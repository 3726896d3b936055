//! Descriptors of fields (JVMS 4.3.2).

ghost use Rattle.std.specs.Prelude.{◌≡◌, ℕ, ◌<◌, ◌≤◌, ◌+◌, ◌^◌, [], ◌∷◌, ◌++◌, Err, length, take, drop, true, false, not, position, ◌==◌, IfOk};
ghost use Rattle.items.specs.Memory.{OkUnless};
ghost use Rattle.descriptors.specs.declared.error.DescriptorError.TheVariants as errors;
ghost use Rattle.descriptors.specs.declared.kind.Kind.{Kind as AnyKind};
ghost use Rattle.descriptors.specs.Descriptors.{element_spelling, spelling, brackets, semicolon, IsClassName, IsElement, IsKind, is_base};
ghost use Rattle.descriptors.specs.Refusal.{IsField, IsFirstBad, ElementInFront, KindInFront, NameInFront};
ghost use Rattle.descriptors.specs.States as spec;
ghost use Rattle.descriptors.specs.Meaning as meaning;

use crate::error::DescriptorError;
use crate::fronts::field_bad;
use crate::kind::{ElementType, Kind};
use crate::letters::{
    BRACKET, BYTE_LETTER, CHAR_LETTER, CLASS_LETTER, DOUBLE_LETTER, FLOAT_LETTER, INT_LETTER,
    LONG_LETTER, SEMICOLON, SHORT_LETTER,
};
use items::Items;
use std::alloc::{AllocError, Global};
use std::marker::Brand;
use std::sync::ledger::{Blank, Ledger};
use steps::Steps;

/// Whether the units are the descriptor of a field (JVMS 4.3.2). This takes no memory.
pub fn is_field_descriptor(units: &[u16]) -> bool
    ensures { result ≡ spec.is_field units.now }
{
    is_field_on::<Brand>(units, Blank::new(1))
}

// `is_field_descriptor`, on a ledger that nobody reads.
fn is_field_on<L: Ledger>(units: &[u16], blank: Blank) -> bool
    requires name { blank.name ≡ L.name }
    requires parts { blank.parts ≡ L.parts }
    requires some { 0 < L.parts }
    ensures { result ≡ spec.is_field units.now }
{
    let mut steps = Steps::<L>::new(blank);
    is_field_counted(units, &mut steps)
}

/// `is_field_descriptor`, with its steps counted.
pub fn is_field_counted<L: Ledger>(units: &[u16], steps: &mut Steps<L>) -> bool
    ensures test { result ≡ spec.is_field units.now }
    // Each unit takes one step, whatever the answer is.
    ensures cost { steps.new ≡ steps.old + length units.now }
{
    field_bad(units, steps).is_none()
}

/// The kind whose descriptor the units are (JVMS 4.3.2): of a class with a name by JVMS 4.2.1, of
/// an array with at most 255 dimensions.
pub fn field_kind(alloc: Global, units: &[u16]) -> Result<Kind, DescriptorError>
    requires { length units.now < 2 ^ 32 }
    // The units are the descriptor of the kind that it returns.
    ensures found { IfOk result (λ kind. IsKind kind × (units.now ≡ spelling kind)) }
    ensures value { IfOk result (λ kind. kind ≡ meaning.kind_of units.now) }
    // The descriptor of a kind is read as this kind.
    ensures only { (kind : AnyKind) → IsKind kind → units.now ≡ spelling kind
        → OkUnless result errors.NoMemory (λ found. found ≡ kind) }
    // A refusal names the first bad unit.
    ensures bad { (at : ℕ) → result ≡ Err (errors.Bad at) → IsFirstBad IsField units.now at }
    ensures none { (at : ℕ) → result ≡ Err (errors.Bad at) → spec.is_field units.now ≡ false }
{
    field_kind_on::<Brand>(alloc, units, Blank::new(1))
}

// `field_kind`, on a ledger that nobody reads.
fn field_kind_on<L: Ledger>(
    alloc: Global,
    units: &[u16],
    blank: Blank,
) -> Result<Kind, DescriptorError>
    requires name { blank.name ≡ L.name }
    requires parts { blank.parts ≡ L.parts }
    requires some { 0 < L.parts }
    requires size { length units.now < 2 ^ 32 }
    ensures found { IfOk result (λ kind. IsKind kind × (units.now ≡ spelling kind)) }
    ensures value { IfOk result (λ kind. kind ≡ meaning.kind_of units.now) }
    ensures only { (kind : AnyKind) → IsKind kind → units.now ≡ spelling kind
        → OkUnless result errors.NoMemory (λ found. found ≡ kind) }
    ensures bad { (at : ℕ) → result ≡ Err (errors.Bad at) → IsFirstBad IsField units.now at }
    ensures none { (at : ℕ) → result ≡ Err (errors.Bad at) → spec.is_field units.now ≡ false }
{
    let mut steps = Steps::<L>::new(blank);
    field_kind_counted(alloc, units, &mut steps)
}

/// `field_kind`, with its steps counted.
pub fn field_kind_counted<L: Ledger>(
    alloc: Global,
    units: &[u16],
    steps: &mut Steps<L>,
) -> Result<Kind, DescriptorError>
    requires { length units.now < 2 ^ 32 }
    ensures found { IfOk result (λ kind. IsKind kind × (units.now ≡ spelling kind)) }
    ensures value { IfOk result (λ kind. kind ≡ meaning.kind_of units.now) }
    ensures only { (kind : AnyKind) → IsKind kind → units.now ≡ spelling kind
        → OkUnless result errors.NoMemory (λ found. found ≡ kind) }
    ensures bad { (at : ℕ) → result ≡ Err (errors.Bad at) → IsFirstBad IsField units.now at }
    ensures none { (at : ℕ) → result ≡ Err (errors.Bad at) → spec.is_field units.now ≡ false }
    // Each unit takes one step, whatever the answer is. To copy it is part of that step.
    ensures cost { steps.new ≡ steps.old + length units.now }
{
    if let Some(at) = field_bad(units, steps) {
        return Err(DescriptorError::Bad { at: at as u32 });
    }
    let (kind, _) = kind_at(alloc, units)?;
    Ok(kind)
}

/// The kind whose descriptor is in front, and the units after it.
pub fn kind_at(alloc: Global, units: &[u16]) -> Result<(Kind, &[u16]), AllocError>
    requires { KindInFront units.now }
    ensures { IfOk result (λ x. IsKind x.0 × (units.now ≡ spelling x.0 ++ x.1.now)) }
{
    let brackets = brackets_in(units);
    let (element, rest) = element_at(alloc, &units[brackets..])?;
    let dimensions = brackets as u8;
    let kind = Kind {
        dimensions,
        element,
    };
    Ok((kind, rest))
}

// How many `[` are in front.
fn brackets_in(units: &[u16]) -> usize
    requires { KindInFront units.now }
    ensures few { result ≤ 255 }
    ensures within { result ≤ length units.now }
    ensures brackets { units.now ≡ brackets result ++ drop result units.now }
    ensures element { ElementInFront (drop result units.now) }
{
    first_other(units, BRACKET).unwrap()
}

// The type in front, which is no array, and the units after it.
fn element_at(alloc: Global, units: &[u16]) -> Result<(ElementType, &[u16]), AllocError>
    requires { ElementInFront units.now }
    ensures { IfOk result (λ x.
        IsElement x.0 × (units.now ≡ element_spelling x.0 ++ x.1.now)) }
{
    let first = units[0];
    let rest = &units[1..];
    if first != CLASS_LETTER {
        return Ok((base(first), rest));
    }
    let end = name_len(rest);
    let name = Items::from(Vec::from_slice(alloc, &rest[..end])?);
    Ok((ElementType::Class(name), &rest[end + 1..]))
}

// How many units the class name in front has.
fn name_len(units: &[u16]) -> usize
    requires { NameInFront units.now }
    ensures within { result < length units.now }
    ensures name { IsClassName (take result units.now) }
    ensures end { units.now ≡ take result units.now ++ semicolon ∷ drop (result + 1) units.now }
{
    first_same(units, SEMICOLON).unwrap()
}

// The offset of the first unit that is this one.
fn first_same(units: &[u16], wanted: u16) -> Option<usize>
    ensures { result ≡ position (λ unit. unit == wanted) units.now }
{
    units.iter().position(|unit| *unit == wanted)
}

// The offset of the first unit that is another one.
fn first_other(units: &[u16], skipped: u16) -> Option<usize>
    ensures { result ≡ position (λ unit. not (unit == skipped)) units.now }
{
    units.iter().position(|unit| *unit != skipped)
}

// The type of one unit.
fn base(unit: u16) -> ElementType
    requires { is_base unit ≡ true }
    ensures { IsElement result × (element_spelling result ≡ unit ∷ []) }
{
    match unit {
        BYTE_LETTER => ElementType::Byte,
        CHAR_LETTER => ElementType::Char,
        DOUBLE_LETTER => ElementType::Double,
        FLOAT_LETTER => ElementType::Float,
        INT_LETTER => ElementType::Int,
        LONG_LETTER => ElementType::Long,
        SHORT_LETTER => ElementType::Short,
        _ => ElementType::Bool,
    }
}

==================================================

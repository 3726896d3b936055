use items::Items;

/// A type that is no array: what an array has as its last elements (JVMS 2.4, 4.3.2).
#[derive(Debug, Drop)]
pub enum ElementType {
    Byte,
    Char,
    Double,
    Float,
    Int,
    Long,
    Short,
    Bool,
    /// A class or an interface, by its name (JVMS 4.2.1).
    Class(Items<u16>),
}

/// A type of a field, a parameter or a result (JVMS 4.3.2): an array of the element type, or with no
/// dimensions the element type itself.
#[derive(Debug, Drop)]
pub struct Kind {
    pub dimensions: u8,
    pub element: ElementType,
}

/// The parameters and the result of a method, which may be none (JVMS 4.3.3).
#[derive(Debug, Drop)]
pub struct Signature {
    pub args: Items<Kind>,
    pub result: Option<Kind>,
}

==================================================

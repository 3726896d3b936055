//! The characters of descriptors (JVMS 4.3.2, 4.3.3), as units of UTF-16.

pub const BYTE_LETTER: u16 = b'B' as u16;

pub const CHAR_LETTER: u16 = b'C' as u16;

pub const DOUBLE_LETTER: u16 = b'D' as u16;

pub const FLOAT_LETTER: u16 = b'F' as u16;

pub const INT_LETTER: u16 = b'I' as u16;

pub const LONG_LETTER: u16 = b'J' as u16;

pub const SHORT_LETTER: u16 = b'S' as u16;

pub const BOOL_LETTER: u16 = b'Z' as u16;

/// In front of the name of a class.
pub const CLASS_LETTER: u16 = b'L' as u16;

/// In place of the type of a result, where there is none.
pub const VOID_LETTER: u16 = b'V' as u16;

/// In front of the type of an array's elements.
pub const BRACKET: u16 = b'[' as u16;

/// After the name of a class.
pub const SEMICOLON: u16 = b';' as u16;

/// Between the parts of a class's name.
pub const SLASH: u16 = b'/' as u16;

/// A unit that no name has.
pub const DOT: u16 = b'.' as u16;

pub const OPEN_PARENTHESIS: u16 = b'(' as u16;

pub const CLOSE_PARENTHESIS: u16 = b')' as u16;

==================================================

DIRECTIONS - From the material above, copy every line that has the word "ElementInFront" in it.

ANSWER TO THE PROBLEM -
ghost use Rattle.descriptors.specs.Refusal.{IsField, IsFirstBad, ElementInFront, KindInFront, NameInFront};
    ensures element { ElementInFront (drop result units.now) }
    requires { ElementInFront units.now }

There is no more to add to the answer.